11. A system for provisioning abstracted compute resources from cloud computing environments comprising:

a processing circuitry;

a memory, the memory containing instructions that, when executed by the processing circuitry, configure the system to:

detect in a cloud computing environment a plurality of compute resources, each compute resource based on a processing circuitry and including a resource type;

apply a benchmark test to each resource type to generate a benchmark result;

determine for each resource type an abstracted compute value based on the benchmark result;

receive a request to provision a compute resource, the request including a value of abstracted compute; and

provision the compute resource based on the received request.

12. The system of claim 11, wherein the memory contains further instructions which when executed by the processing circuitry further configure the system to:

periodically receive requests to provision compute resources;

determine for each received request a value of abstracted compute; and

provision a compute resource based on each determined value of abstracted compute.

13. The system of claim 11, wherein the memory contains further instructions which when executed by the processing circuitry further configure the system to:

determine a risk factor associated with the request; and

modify the value of abstracted compute based on the determined risk factor.

14. The system of claim 13, wherein the memory contains further instructions which when executed by the processing circuitry further configure the system to:

deny the request to provision compute resources based on the risk factor exceeding a predetermined value.

15. The system of claim 11, wherein the memory contains further instructions which when executed by the processing circuitry further configure the system to:

generate a resource pool of abstracted compute, wherein the resource pool includes a plurality of identifiers, each identifier correspond to a provisionable resource.

16. The system of claim 11, wherein the memory contains further instructions which when executed by the processing circuitry further configure the system to:

generate a transaction based on the received request; and

store the generated transaction as a record on a blockchain.

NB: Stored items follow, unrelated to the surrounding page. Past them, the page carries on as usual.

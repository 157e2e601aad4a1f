//! What several words of a line spell together: names, options, items of batches and of ingestions.

use fjall_base::Slice;
use fjall_calls::{BatchItem, Op};
use fjall_options::{KeyspaceCreateOptions, Leveled};
use fjall_recorder::{LineError, Parsed, byte, bytes, number, op};
use std::alloc::Global;

/// A keyspace's name: the bytes of its word, or `0x` and their hexadecimal.
pub fn name(alloc: Global, word: &str) -> Parsed<Slice> {
    match word.strip_prefix("0x") {
        Some("") => Ok(Slice::empty()),
        Some(word) => bytes(alloc, word),
        None => Ok(Slice::new(alloc, word.as_bytes())?),
    }
}

/// The options of a keyspace that words ask for: `manual`, `memtable N`, `tables N` and `l0 N`, each as often as it likes.
pub fn options(alloc: Global, words: &[&str]) -> Parsed<KeyspaceCreateOptions> {
    let mut options = KeyspaceCreateOptions::default(alloc)?;
    let mut strategy = Leveled::default(alloc)?;
    let mut left = words;
    for _ in 0..words.len() {
        left = match left {
            [] => break,
            ["manual", rest @ ..] => {
                options = options.manual_journal_persist(true);
                rest
            }
            ["memtable", bytes, rest @ ..] => {
                options = options.max_memtable_size(number(bytes)?);
                rest
            }
            ["tables", bytes, rest @ ..] => {
                strategy = strategy.with_table_target_size(number(bytes)?.max(1));
                rest
            }
            ["l0", count, rest @ ..] => {
                strategy = strategy.with_l0_threshold(byte(count)?.max(1));
                rest
            }
            _ => return Err(LineError::BadLine),
        };
    }
    Ok(options.compaction_strategy(strategy))
}

/// The items of a batch, three words each: keyspace, key, and what becomes of it.
pub fn items(alloc: Global, words: &[&str]) -> Parsed<Vec<BatchItem>> {
    let mut items = Vec::new(alloc);
    for chunk in words.chunks(3) {
        let [id, key, what] = chunk else {
            return Err(LineError::BadLine);
        };
        items.push((number(id)?, bytes(alloc, key)?, op(alloc, what)?))?;
    }
    Ok(items)
}

/// The items of an ingestion, two words each: key, and what becomes of it.
pub fn pairs(alloc: Global, words: &[&str]) -> Parsed<Vec<(Slice, Op)>> {
    let mut pairs = Vec::new(alloc);
    for chunk in words.chunks(2) {
        let [key, what] = chunk else {
            return Err(LineError::BadLine);
        };
        pairs.push((bytes(alloc, key)?, op(alloc, what)?))?;
    }
    Ok(pairs)
}

/// So many keys of two bytes, ascending, each with this value; at most 65,535.
pub fn counted(alloc: Global, count: u64, value: &[u8]) -> Parsed<Vec<(Slice, Op)>> {
    let mut pairs = Vec::new(alloc);
    for key in 0..u16::try_from(count).unwrap_or(u16::MAX) {
        let key = Slice::new(alloc, &key.to_be_bytes())?;
        pairs.push((key, Op::Put(Slice::new(alloc, value)?)))?;
    }
    Ok(pairs)
}
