//! A session: a disk in memory, the database on it where one is open, and what lines ask of them.

use crate::answer::{answer, refusal, undone};
use crate::list::{List, Wording};
use crate::own::is_own;
use fjall_base::{Error, Result};
use fjall_calls::{Core, Reply, Ticket, TxCall, run};
use fjall_consistency::{Life, Turn};
use fjall_recorder::{Handle, LineError, Parsed, Tape};
use std::alloc::Global;
use std::mem;

/// What a call is answered where no database is open.
pub const SHUT: &str = "shut";

/// The replies to a list of calls, or why it wasn't served: the refusal, none where no database is open.
pub type Heard = std::result::Result<Vec<Reply>, Option<Error>>;

/// A disk in memory, and the database on it where one is open.
#[derive(Drop)]
pub struct Session {
    pub(crate) alloc: Global,
    pub(crate) disk: Handle,
    pub(crate) core: Box<Option<Core<Handle>>>,
    pub(crate) list: List,
    // how the reply to each line of the list is worded, or why the line isn't done
    pub(crate) wordings: Vec<Parsed<Wording>>,
    // the lives that are to be run before the list, what happens behind each, and how the replies to its lines are worded
    pub(crate) lives: Vec<Life>,
    pub(crate) turns: Vec<Turn>,
    pub(crate) lines: Vec<Vec<Parsed<Wording>>>,
    pub(crate) tapes: Vec<Tape>,
    pub(crate) held: Option<Vec<u8>>,
    // of each line that has a number the snapshot that it opened, while its database is open
    pub(crate) tickets: Vec<Option<Ticket>>,
    // whether the disk was lost for want of memory
    pub(crate) is_lost: bool,
}

// The ticket of the snapshot that a call opened.
fn opened(replies: &[Reply]) -> Option<Ticket> {
    match replies.first() {
        Some(Reply::Opened(ticket)) => Some(*ticket),
        _ => None,
    }
}

impl Session {
    /// A session over an empty disk.
    pub fn new(alloc: Global) -> Result<Session> {
        let core = Box::new(alloc, None)?;
        let disk = Handle::new(alloc)?;
        Ok(Session {
            alloc,
            disk,
            core,
            list: List::new(alloc, 0),
            wordings: Vec::new(alloc),
            lives: Vec::new(alloc),
            turns: Vec::new(alloc),
            lines: Vec::new(alloc),
            tapes: Vec::new(alloc),
            held: None,
            tickets: Vec::new(alloc),
            is_lost: false,
        })
    }

    // Makes the calls of a list.
    fn run(&mut self, calls: Vec<TxCall>) -> Heard {
        match &mut *self.core {
            Some(core) => match run(self.alloc, core, calls) {
                Ok(replies) => Ok(replies),
                Err(error) => Err(Some(error)),
            },
            None => Err(None),
        }
    }

    /// Keeps the snapshot that a line opened, where the line gets a number, and gives the last number so far.
    pub(crate) fn keep_ticket(&mut self, wording: Wording, replies: &[Reply]) -> Result<usize> {
        if wording.is_numbered() {
            self.tickets.push(opened(replies))?;
        }
        Ok(self.tickets.len())
    }

    /// The calls of the list, and its lines; another one begins.
    pub(crate) fn next_list(&mut self) -> (Vec<TxCall>, Vec<Parsed<Wording>>) {
        let new = List::new(self.alloc, self.tickets.len());
        let list = mem::replace(&mut self.list, new);
        let wordings = mem::replace(&mut self.wordings, Vec::new(self.alloc));
        (list.calls, wordings)
    }

    /// Adds the answers to the lines of a list.
    pub(crate) fn tell(
        &mut self,
        wordings: Vec<Parsed<Wording>>,
        heard: Heard,
        out: &mut String,
    ) -> Result<()> {
        let alloc = self.alloc;
        let (replies, unserved) = match heard {
            Ok(replies) => (replies, None),
            Err(Some(error)) => (Vec::new(alloc), Some(refusal(alloc, error)?)),
            Err(None) => (Vec::new(alloc), Some(String::from_str(alloc, SHUT)?)),
        };
        let mut left = replies.as_slice();
        for wording in wordings {
            let told = match wording {
                Ok(wording) => {
                    let (own, later) = left.split_at(wording.calls().min(left.len()));
                    left = later;
                    let number = self.keep_ticket(wording, own)?;
                    match &unserved {
                        Some(why) => why.clone()?,
                        None => answer(alloc, wording, own, number)?,
                    }
                }
                Err(error) => undone(alloc, error)?,
            };
            out.push_str(&told)?;
            out.push_str("\n")?;
        }
        Ok(())
    }

    /// Runs the lives and serves the list, and adds the answers to their lines.
    pub(crate) fn serve(&mut self, out: &mut String) -> Result<()> {
        self.live(out)?;
        let (calls, wordings) = self.next_list();
        let heard = self.run(calls);
        self.tell(wordings, heard, out)?;
        self.list.earlier = self.tickets.len();
        Ok(())
    }

    // Serves the list, and then a line of its own, or one that names a snapshot of an earlier list.
    fn take_own(&mut self, words: &[&str], out: &mut String) -> Result<()> {
        self.serve(out)?;
        let done = if is_own(words) {
            self.own(words)
        } else {
            self.ask_earlier(words)
        };
        if self.is_lost {
            return Err(Error::OutOfMemory);
        }
        match done {
            Ok(told) => out.push_str(&told)?,
            Err(error) => out.push_str(&undone(self.alloc, error)?)?,
        }
        out.push_str("\n")?;
        Ok(())
    }

    /// Takes a line, and adds the answers that are due.
    pub fn take(&mut self, line: &str, out: &mut String) -> Result<()> {
        let Ok(words) = line.split(' ').collect::<Vec<&str>>(self.alloc) else {
            self.wordings
                .push(Err(LineError::Refused(Error::OutOfMemory)))?;
            return Ok(());
        };
        if is_own(&words) || self.is_of_earlier(&words) {
            return self.take_own(&words, out);
        }
        match words.as_slice() {
            ["life"] => self.begin_life(out),
            ["end", how @ ..] if self.list.is_life => self.end_life(how),
            words => {
                let wording = self.list.take(words);
                Ok(self.wordings.push(wording)?)
            }
        }
    }
}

17. The system of claim 11, wherein the memory contains further instructions which when executed by the processing circuitry further configure the system to:

generate a new benchmark test;

apply the new benchmark test to each resource to generate a new benchmark result;

determine for each resource type a new abstracted compute value based on the new benchmark result; and

provision the compute resource based on the new benchmark result.

18. A system for decreasing allocation risk of abstracted compute resources comprising:

a processing circuitry;

a memory, the memory containing instructions that, when executed by the processing circuitry, configure the system to:

receive a request from a client device to allocate compute resources based on a standardized compute framework;

apply a risk assessment on the request to generate a risk score;

detect a plurality of provisionable compute resources of a compute provider corresponding to the received request;

generate a smart contract on a blockchain between the client device and the compute provider, in response to determining that the generated risk score is below a predetermined threshold value; and

execute the smart contract by allocating the provisionable compute resources to the client device.

19. The system of claim 18, wherein the memory contains further instructions which when executed by the processing circuitry further configure the system to:

receive from each compute provider of a plurality of compute providers an allocation of compute resources to a resource pool; and

execute the smart contract by allocating at least a portion of the compute resource from the resource pool in response to detecting that the compute provider has not provisioned the provisionable compute resources.